Скажем, русское правительство назначило Меттерниху специальную «пенсию», выражавшуюся в весьма круглой сумме. Казалось бы, в качестве благодарности Меттерних должен был хотя бы не плести заговоров против России, а вероломный австриец за спиной Петербурга заключил секретный договор с Англией и Францией, направленный против России. К счастью, Доротея вовремя сообщила об этом Александру I, и тот принял соответствующие меры.

В то же время, чтобы замести следы, Доротея как-то отправилась в английский курортный городок Брайтон, откуда послала тайное письмо, состоящее из четырех вложенных один в другой конвертов. Внешний адресовался секретарю австрийского посольства в Лондоне, второй имел приписку: «Нет нужды объяснять вложенное, мой дорогой друг». Третий предназначался господину по имени Флорет, и только в четвертом было само письмо. А содержало оно не что иное, как изложение доверительной беседы Доротеи с английским королем, в которой он, растаяв от чар элегантной дамы, выболтал огромное количество ценнейших политических сведений.

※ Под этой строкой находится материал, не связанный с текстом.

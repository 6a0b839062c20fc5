//! A run of events whose replies come line by line.
#![tactic(auto)]

mod line;
mod live;
mod words;

pub use live::run_live;
pub use words::live_of;
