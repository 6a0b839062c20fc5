//! What is only for a driver over a ring that fails where it is told to, in tests.
ghost use Rattle.std.specs.Prelude.{◌≡◌, OnOk, OnErr};
ghost use Rattle.uring_driver.specs.Uring.{ring_in};
ghost use Rattle.uring_driver.specs.Finish.{with_ring_in, injected};

use crate::uring::IoUringDriver;
use machine::Completion;
use rent_buf::{IoBufMut, OutOfMemory};
use ring_core::FaultRing;

impl<B: IoBufMut + Drop> IoUringDriver<FaultRing, B> {
    /// Adds a completion behind those that are ready, whatever its word, and changes nothing else. If memory runs out, nothing has
    /// changed. (not in monoio)
    pub fn inject(&mut self, completion: Completion) -> Result<(), OutOfMemory>
        ensures ok { OnOk result (self.new ≡ with_ring_in self.old (injected (ring_in self.old) completion)) }
        ensures err { OnErr result (self.new ≡ self.old) }
    {
        self.ring.inject(completion)
    }
}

Как вы понимаете, под псевдонимом Флорет скрывался не граф Нессельроде, а князь Меттерних. Несмотря на столь явное двуличие, в Петербурге Доротею ценили и уважали. Ее неоднократно принимал Александр I и инструктировал по вопросам ее дальнейшей работы на благо России. Именно тогда она получила тайное задание найти доверительные подходы к английскому министру иностранных дел Джорджу Каннингу. Дело в том, что Александр I, окончательно удостоверившись в непорядочности и лицемерии Меттерниха, решил порвать с Австрией и искать сближения с Англией.

Доротея с этим заданием справилась блестяще, так блестяще, что Александр I в приватной беседе с шефом жандармов Бенкендорфом сказал: «Я помню твою сестру привлекательной девочкой, сейчас она государственный деятель».

В 1834 году истек срок заграничной командировки Христофора Ливена, и ему вместе с женой было предписано возвращаться в Петербург. Что тут поднялось в лондонском свете! Дамы рыдали, мужчины грозились до чертиков напиться — и все это от сожаления и горя, они не представляли, как будут жить без Доротеи. Надо знать прижимистых английских аристократок, чтобы оценить их неожиданный поступок: они собрали целую кучу денег, пошли к самому дорогому лондонскому ювелиру, купили у него самый изысканный и самый дорогой браслет и вручили его Доротее «в знак сожаления об ее отъезде и на память о многих годах, проведенных в Англии».

Вернувшись в Петербург, Доротея впала в ипохондрию. Ее деятельной натуре, привыкшей к западноевропейской политической суматохе, в тихом и спокойном Петербурге было не по себе. А тут еще умер муж, а потом и оба сына… Чтобы не сойти с ума от одиночества и неизбывной тоски, Доротея кинулась в Париж. Тогда-то она и купила пустующий дом Талейрана. А вскоре этот дом был превращен в популярнейший салон, попасть в который стремились лучшие умы Европы.

Но вот что странно, среди близких, интимных друзей Дарьи Христофоровны почему-то не было поэтов, художников или, скажем, принцев крови. По понятным только ей причинам она предпочитала политиков и дипломатов. Ее лебединой песней был многолетний роман с министром иностранных дел, а потом премьер-министром Франции Франсуа Гизо. Порой она вспоминала о России и после доверительных бесед с Гизо отправляла в Петербург секретные депеши. Что-что, а это она делала блестяще! Поэтому парижане, так ни о чем и не догадавшись, очень горевали, когда Дарьи Христофоровны не стало. Похоронили ее в черном бархатном платье фрейлины российского императорского двора.